# Anyone read/write Polish? Racing pigeon found.



## John_D (Jan 24, 2002)

Had a mail from someone in Poland who has found a racing pigeon which appears to have originated in the UK (or the band did).

It may be easier on this man if someone were to ask him for more details in his own language. He has emailed in English, but I suspect he is not so comfortable with it.

If we have anyone, I'll fwd what I have and we can take it from there.


----------



## amyable (Jul 7, 2007)

Hi John,

Our next door neighbours are Polish if that's of any help. I can certainly ask them to translate if you need them to tomorrow.
Let me know if you want me to ask.

Janet


----------



## John_D (Jan 24, 2002)

Hi Janet

Thanks for that.

The fella did write in English, but I'd say that it may be easier to advise him in Polish. I may be doing him an injustice, but things can be lost in translation. In response to asking him where he is, he wrote "I am around Polish". He stated that "long flight pigeon damage", and I don't know if he means the flight feathers are damaged or that it is a 'long flight' pigeon (i.e., homing pigeon).


----------



## amyable (Jul 7, 2007)

Hi John,

Sorry haven't been around to post back yet today as have one dog needing 24 hour care at the mo following an op yesterday.
Am home based now if I can be of assistance.

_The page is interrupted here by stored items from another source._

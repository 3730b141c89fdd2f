//! A buffer pool of pages over a disk, with commands that commit or leave all as it was.
//!
//! What a command changes is staged in one table by number, `None` for a page that it freed, beside the set of
//! those numbers. So an abort empties their places, a commit keeps them, and neither takes memory. `begin` and
//! `flush` write what waits; a page that was written moves into the frames. They keep clean pages in a table by
//! number too, so that a hit takes no search, with their numbers in a queue, and replaced images, which only stamps
//! see, by their places. Where a page needs a frame, one leaves that was queued longest ago, and each that was used since
//! is queued again instead.
//! Beneath lies an `archive`, a disk of numbered pages: each image of a page has a place and a SHA-256 digest, which is
//! compared when it comes back from the disk. A held stamp keeps the images that were the newest when it was taken, since
//! a page is written over them only where no stamp sees them. A desk lends the live pages, or those of a stamp. Above:
//! `code_btree`, `tuple_file`, and by `Desk` the search engine. Below: `sand_base`, and `lru` and `sha2` of the kit.
//! Contracts see a pool as the record `PoolState`; read `specs/Disk.antt` and `specs/Pool.antt` first.
//! Buffer pools and steal/no-force policies after T. Haerder and A. Reuter (1983); a used page's second chance after
//! F. J. Corbato (1968); page versions by the numbers of their commands after D. P. Reed (1978); digests of pages as in
//! R. C. Merkle (1987).
#![tactic(auto)]

mod archive;
mod boxed_disk;
mod cache;
mod chains;
mod desk;
mod digests;
mod disk;
mod fault;
mod frame;
mod frames;
mod held;
mod home;
mod images;
mod mem_disk;
mod numbers;
mod page;
mod pages;
mod past;
mod pool;
mod reader;
mod staged;
mod stamp;
mod sure_disk;
mod table;
mod view;

pub use desk::Desk;
pub use disk::{Disk, DiskFault};
pub use fault::PageFault;
pub use mem_disk::MemDisk;
pub use pages::Pages;
pub use pool::Pool;
pub use reader::PoolReader;
pub use stamp::Stamp;
pub use sure_disk::SureDisk;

As far as the Polish gent's English ability goes that wording definitely doesn't sound as if he's fluent.

I can call my neighbour even if I can't leave the dog and dictate what we need to say and get him/her to translate into Polish if you think that would be of help. Just let me know if you need that, no problem.

Hope it works out,

Janet

ps I'll pm my home number if you need it.


----------



## keithemerson (Apr 12, 2010)

*Translator*

Use Google translate.
http://translate.google.com/#auto|en|


----------



## John_D (Jan 24, 2002)

I think that may be what this Polish person used


----------



## amyable (Jul 7, 2007)

Yes it looks to me like he's written a literal translation of each word as if working from something like Google and just put the individual meaning of each word.

My guess is that he's trying to say the pigeon's damaged from a long flight.
I do hope he can help this poor bird from there whatever the problem.

Janet


----------